YOUR TASK>
Give the number of lines in the material below that include "process", and write nothing else.

*** RECORDS SHOWN Section Begins ***

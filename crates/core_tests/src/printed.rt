//! What `print` writes of a text.

use super::cases::{CALM, Case, PRINT, check};
use super::texts::{ALTERNATING_BIT, TRI};
use std::test::Fail;
use tapc_core::Status;

/// Few spaces, a parenthesis, zeros in front, and a comment.
pub const LOOSE: &[u8] = b"process a var x:0..007 begin x=0->x:=((x)+1) mod 8 end # c";

pub const CLOSE: &[u8] = b"process a
var x : 0..7
begin x = 0 -> x := (x + 1) mod 8
end
";

const TRI_PRINTED: &[u8] = b"process a
var x : 0..2
begin true -> x := 0
[] true -> x := 1
[] true -> x := 2
end
";

const ALTERNATING_BIT_PRINTED: &[u8] = b"message data
begin kind : 8 bits = 1; seq : 1 bits; body : 16 bits
end
message ack
begin kind : 8 bits = 2; seq : 1 bits
end
process a
inp last : 0..1000
var seq : 0..1; body : 0..65535 = 7; busy : boolean; done : 0..1000
timer again
begin not busy and done < last -> send data (seq, body) to b; busy := true; start again after 200
[] rcv ack from b -> if busy and ack.seq = seq -> seq := 1 - seq; body := (body + 1) mod 65536; busy := false; stop again; done := min(done + 1, 1000) fi
[] timeout again -> send data (seq, body) to b; start again after 200
end
process b
var want : 0..1; got : 0..65535; count : 0..1000
begin rcv data from a -> if data.seq = want -> got := data.body; want := 1 - want; count := min(count + 1, 1000) fi; send ack (data.seq) to a
end
";

#[test]
fn a_text_is_printed(rt: HostRuntime) -> Result<(), Fail> {
    for (name, system, lines) in [
        ("spaces, parentheses and zeros", LOOSE, CLOSE),
        ("three actions", TRI, TRI_PRINTED),
        (
            "the alternating bit protocol",
            ALTERNATING_BIT,
            ALTERNATING_BIT_PRINTED,
        ),
        ("a canonical text", CLOSE, CLOSE),
        ("three actions, printed", TRI_PRINTED, TRI_PRINTED),
        (
            "the alternating bit protocol, printed",
            ALTERNATING_BIT_PRINTED,
            ALTERNATING_BIT_PRINTED,
        ),
    ] {
        let case = Case {
            name,
            words: PRINT,
            system,
            status: Status::Done,
            lines,
            ..CALM
        };
        check(&rt, rt.alloc(), &case)?;
    }
    Ok(())
}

*** RECORDS SHOWN Section Ends ***

ANSWER BELOW>
5